Bati na real, estava a receber uma lição dum soldado e ainda mais, nunca tinha ouvido falar nem conhecia o RPG, não pensei duas vezes, o mais sensato era ouvir o que o "velho" dizia e seguir o seu conselho, ia arriscar para quê? Assim foi, continuamos dentro da mata, fizemos o reconhecimento do local fomos aguardar próximo do ponto de reunião, para escutar o som da chegada do Unimog, que chegou quase ao romper do dia.

Como era possível nunca ter ouvido falar de RPG nem me ter passado pela cabeça aquela forma de utilização. Aquilo para os "velhos" era rotina, uma coisa simples e banal, para mim foi aprender e começar a pedir a sua opinião. Assim se formou um grupo coeso, tudo o que eles precisavam eu procurava resolver e tudo o que eu pedia era feito, minha integração foi tão simples, que passado umas seis semanas a CCaç 4541/72 elegeu-me para a delegação do MFA.

As bolanhas podem ser cultivadas e nós devíamos conhecer e ter presente que a guerra obrigou algumas populações ao abandono das culturas de muitos destes terrenos, em alguns locais desenvolveu-se um sentimento hostil, a maioria das NT nem ligava a isto e por isso uma simples travessia podia pôr-nos numa posição de desvantagem perante o IN.

Existe uma fotografia demonstrativa, no Blogue, do que parece ser um pelotão de homens com água pela cintura a atravessar uma bolanha rodeados de plantas aquáticas, que me parece no mínimo insensato, mas é também um desafio ao heroísmo (tangente à loucura) que se enquadra no livro "homens, espadas e colhões", que Rainer Daehnhardt descreveu sobre a coragem dos nossos antepassados.

A instrução de tiro instintivo é muito importante desde que os instruendos tenham aptidão para isso. Dominar uma arma e o tiro instintivo torna-nos mais confiantes e seguros, mas não o conseguimos sem treinar bastante e gastar muitas munições, o tiro instintivo na guerra não é o suficiente mas ajuda muito, eu dominava essa técnica.

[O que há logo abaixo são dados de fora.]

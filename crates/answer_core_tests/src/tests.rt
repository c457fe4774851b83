//! Replies of worked examples, octet for octet, and of each datagram that differs from them in one octet.
ghost use Rattle.std.specs.Prelude.{◌≡◌, ◌<◌, length, IfSome};
ghost use Rattle.map_model.specs.Allocation.{IsGood};
ghost use Rattle.published_map.specs.Version.{IsVersion};

use addr_text::Addr;
use answer_core::{Answer, Way, pick, reply, silent};
use arrayvec::ArrayVec;
use dns_wire::ReplyBuffer;
use map_model::GroupId;
use published_map::MapVersion;
use std::alloc::Global;
use topology_text::{Topology, read_topology};
use world_versions::{GoodMap, first_version, is_good, version_of};
use worlds::{NameAt, Placed, map_of};

mod classes;
mod long;

/// The map of these rows and a topology's own instance, if the map is good for it.
fn good_map(
    alloc: Global,
    topology: &Topology,
    lines: &[Placed],
    names: &[NameAt],
) -> Option<GoodMap>
    ensures good { IfSome result (λ g. IsGood g.instance g.map.lines.items g.map.names.items) }
    ensures instance { IfSome result (λ g. g.instance ≡ topology.now.market) }
{
    let Ok(instance) = topology.instance().try_clone() else {
        return None;
    };
    let Ok(map) = map_of(alloc, lines, names) else {
        return None;
    };
    if is_good(alloc, &instance, &map) {
        Some(GoodMap { instance, map })
    } else {
        None
    }
}

/// The first version of a topology with the map of these rows, if that is good.
fn version_with(
    alloc: Global,
    topology: Topology,
    lines: &[Placed],
    names: &[NameAt],
) -> Option<MapVersion>
    ensures { IfSome result IsVersion }
{
    match good_map(alloc, &topology, lines, names) {
        Some(good) => version_of(alloc, 0, topology, &good.instance, &good.map),
        None => None,
    }
}

/// The same of a text in pieces.
fn version_of_text(
    alloc: Global,
    pieces: &[&str],
    lines: &[Placed],
    names: &[NameAt],
) -> Option<MapVersion>
    ensures { IfSome result IsVersion }
{
    let mut text = Vec::new(alloc);
    for piece in pieces {
        text.extend_from_slice(piece.as_bytes()).ok()?;
    }
    match read_topology(alloc, text.as_slice()) {
        Ok(topology) => version_with(alloc, topology, lines, names),
        Err(_) => None,
    }
}

/// Draws, and the place of the second group's list on which each falls.
// The first two of seven units are at the first pool.
const DRAWS: &[(u64, u8)] = &[
    (0, 0),
    // The last draw of slot 1, and the first of slot 2.
    (5_270_498_306_774_157_604, 0),
    (5_270_498_306_774_157_605, 1),
    (1 << 63, 1),
    (u64::MAX, 1),
    // The first two draws of the first worker, slots 4 and 1, and the first of the second, slot 4.
    (11_400_714_819_323_198_485, 1),
    (4_354_685_564_936_845_354, 0),
    (12_553_636_323_930_045_461, 1),
];

fn fall_so(version: &MapVersion, draws: &[(u64, u8)]) -> bool
    requires version { IsVersion version.now }
    requires group { 1 < length version.now.market.groups }
{
    for (draw, place) in draws {
        if pick(version, GroupId(1), *draw) != Some(*place) {
            return false;
        }
    }
    true
}

const FROM: Addr = Addr::V4(0xc633_6407);

/// A datagram and a draw, whether there is a reply, and the reply.
type ReplyRow = (&'static [u8], u64, Answer, &'static [u8]);

const REPLIES: &[ReplyRow] = &[
    // The address of the pool that a draw picks.
    (
        b"\x12\x34\x01\0\0\x01\0\0\0\0\0\0\x03www\x03cdn\x07example\0\0\x01\0\x01",
        1 << 63,
        Answer::Sent,
        b"\x12\x34\x85\0\0\x01\0\x01\0\0\0\0\x03www\x03cdn\x07example\0\0\x01\0\x01\
        \xc0\x0c\0\x01\0\x01\0\0\0\x14\0\x04\xc0\0\x02\x02",
    ),
    // A response has no reply, whatever was in the buffer.
    (
        b"\x12\x34\x81\0\0\x01\0\0\0\0\0\0\0\0\x01\0\x01",
        0,
        Answer::Silent,
        b"",
    ),
    // A name that is not there, with a subnet, which is repeated with scope 0.
    (
        b"\x12\x34\x01\0\0\x01\0\0\0\0\0\x01\x01x\x03cdn\x07example\0\0\x01\0\x01\
        \0\0\x29\x04\xd0\0\0\0\0\0\x0b\0\x08\0\x07\0\x01\x18\0\xc6\x33\x64",
        0,
        Answer::Sent,
        b"\x12\x34\x85\x03\0\x01\0\0\0\x01\0\x01\x01x\x03cdn\x07example\0\0\x01\0\x01\
        \xc0\x0e\0\x06\0\x01\0\0\0\x14\0\x38\x03ns1\x03ops\x07example\0\x05admin\x03ops\x07example\0\
        \0\0\0\x01\0\0\x0e\x10\0\0\x02\x58\0\x01\x51\x80\0\0\0\x3c\
        \0\0\x29\x04\xd0\0\0\0\0\0\x0b\0\x08\0\x07\0\x01\x18\0\xc6\x33\x64",
    ),
];

fn has(out: &ReplyBuffer, octets: &[u8]) -> bool {
    out.as_slice() == octets
}

/// Whether a datagram has the reply that its row says.
fn replies_so(version: &MapVersion, out: &mut ReplyBuffer, row: &ReplyRow) -> bool
    requires { IsVersion version.now }
{
    let (octets, draw, answer, want) = row;
    silent(*octets) == (*answer == Answer::Silent)
        && reply(version, FROM, *octets, *draw, Way::Datagram, out) == *answer
        && has(out, *want)
}

/// The same of each, into one buffer.
fn all_reply_so(version: &MapVersion, rows: &[ReplyRow]) -> bool
    requires { IsVersion version.now }
{
    let mut out = ArrayVec::new();
    for row in rows {
        if !replies_so(version, &mut out, row) {
            return false;
        }
    }
    true
}

/// The code of a reply; 15 where there is none.
fn code_of(octets: &[u8]) -> u8
    ensures { result < 16 }
{
    match octets.get(3) {
        Some(flags) => *flags % 16,
        None => 15,
    }
}

/// The code and the size of the reply to a datagram.
fn replied(version: &MapVersion, octets: &[u8]) -> (u8, usize)
    requires { IsVersion version.now }
    ensures { result.0 < 16 }
{
    let mut out = ArrayVec::new();
    let _ = reply(version, FROM, octets, 0, Way::Datagram, &mut out);
    (code_of(out.as_slice()), out.len())
}

/// How often each code came, and how many octets in all.
#[derive(Clone, Copy)]
struct Counts {
    codes: [u32; 16],
    octets: usize,
}

fn count_reply(version: &MapVersion, octets: &[u8], counts: &mut Counts)
    requires { IsVersion version.now }
{
    let (code, size) = replied(version, octets);
    let codes = &mut counts.codes[usize::from(code)];
    *codes = codes.wrapping_add(1);
    counts.octets = counts.octets.wrapping_add(size);
}

/// A query with a subnet.
const QUERY: [u8; 55] =
    *b"\x12\x34\x01\0\0\x01\0\0\0\0\0\x01\x03www\x03cdn\x07example\0\0\x01\0\x01\
    \0\0\x29\x04\xd0\0\0\0\0\0\x0b\0\x08\0\x07\0\x01\x18\0\xc6\x33\x64";

/// Counts the replies to the query with one octet set to each value.
fn count_values(version: &MapVersion, at: usize, counts: &mut Counts)
    requires version { IsVersion version.now }
    requires at { at < 55 }
{
    let mut changed = QUERY;
    for value in 0..=255u8 {
        changed[at] = value;
        count_reply(version, &changed, counts);
    }
}

fn counts_of(version: &MapVersion) -> Counts
    requires { IsVersion version.now }
{
    let mut counts = Counts {
        codes: [0; 16],
        octets: 0,
    };
    for at in 0..55usize {
        count_values(version, at, &mut counts);
    }
    counts
}

/// How often each code comes, and how many octets are replied in all, as another program counted them.
const CODES: [u32; 16] = [
    4671, 5334, 0, 762, 120, 3065, 0, 0, 0, 0, 0, 0, 0, 0, 0, 128,
];

const OCTETS: usize = 677_457;

/// Whether just these replies come where each octet of a query with a subnet is set to each value.
fn counts_are_right(version: &MapVersion) -> bool
    requires { IsVersion version.now }
{
    let counts = counts_of(version);
    counts.codes == CODES && counts.octets == OCTETS
}

/// What is not as it is to be over the first version of the example, if anything is.
fn wrong_over(version: &MapVersion) -> Option<&'static str>
    requires { IsVersion version.now }
{
    if version.groups() != 2 {
        return Some("groups");
    }
    if !fall_so(version, DRAWS) {
        return Some("picks by draw");
    }
    if !all_reply_so(version, REPLIES) {
        return Some("replies");
    }
    if !counts_are_right(version) {
        return Some("replies to each change");
    }
    None
}

fn wrong_in_example(alloc: Global) -> Option<&'static str> {
    match first_version(alloc) {
        Some(version) => wrong_over(&version),
        None => Some("no version"),
    }
}

#[test]
fn replies_of_the_example(rt: HostRuntime) {
    assert_eq!(rt; wrong_in_example(rt.alloc()), None);
}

Eu não conhecia as Directivas do Com-Chefe Bettencourt Rodrigues e por isso ver escrito preto no branco "Um cartucho por homem serve para detectar um mau atirador", conhecer a realidade dos factos e não ver uma única palavra escrita sobre a má alimentação, os seiscentos escudos por mês que as praças recebiam, a insuficiente preparação militar das NT, desde praças, sargentos e oficiais milicianos, o livro do combatente - patrulhas - o desconhecimento sobre o terreno da Guiné e a sua ideia que a carne para canhão continuava disponível para tudo, incluindo resistir até à exaustão e deixar cair a Guiné, mas nunca negociar com o PAIGC, foi uma desilusão ler estas Directivas e a sua visão da Guerra.

Não podemos no entanto esquecer que este problema era do conhecimento dos militares que compunham o estado embrionário do MFA, também nunca foi uma prioridade para o MFA. A seguir ao 25 de Abril, havia uma vontade da tropa regressar e quanto mais depressa melhor, o TCoronel Almeida Bruno deslocou-se a Bissau em representação do MFA no dia 7 de Maio de 1974 para promover a reestruturação e apelar à preservação da disciplina e da hierarquia das FA como consta da 1.ª pág. do BI do MFA n.º 1 na Guiné.

Essas decisões foram reforçadas pela Circular n.º 1703 da 2.ª Rep do EME e do Com-Chefe das FA da Guiné de 28 de Maio de 1974, também publicada aqui no Blogue, com as negociações de paz a decorrerem, a disciplina e a hierarquia eram mais importantes do que nunca, só um exército forte e coeso pode fazer uma boa negociação.

Sabendo disto alguns oficiais do MFA preferiram fazer política, Otelo Saraiva de Carvalho admitiu as fragilidades do seu pensamento político ao declarar em (os dias loucos do PREC, pág. 324 José P. Castanheira) "Faltou-me estrutura política que me podia ter possibilitado, desde o início ser o líder da Revolução, se tivesse cultura livresca, podia ser o Fidel Castro da Europa" e quantos membros do MFA quiseram ser os líderes da revolução? Não sabemos, o que sabemos é que foram todos para a Academia para seguir uma carreira militar, mas alguns mudaram de opinião, quiseram ser também revolucionários e nunca tiveram a coragem de assumir que estiveram perto lançar o povo numa guerra civil. Ainda bem que não estive sob as suas ordens, porque tinha que sujeitar-me a ver mais um livro publicado cheio de boas intenções e com a sua opinião sobre a sua verdade dos factos.

Tinha apenas 22 anos, mas percebi perfeitamente o que se passava em Bissau. Apenas um pequeno número de elementos do MFA tomava as decisões, mesmo assim sujeitas à direção do "comité central" de Lisboa, a maioria eram figurantes como eu , o que aconteceu às NT africanas, não devia ter acontecido e o MFA é o único responsável por não saber estar à altura da situação.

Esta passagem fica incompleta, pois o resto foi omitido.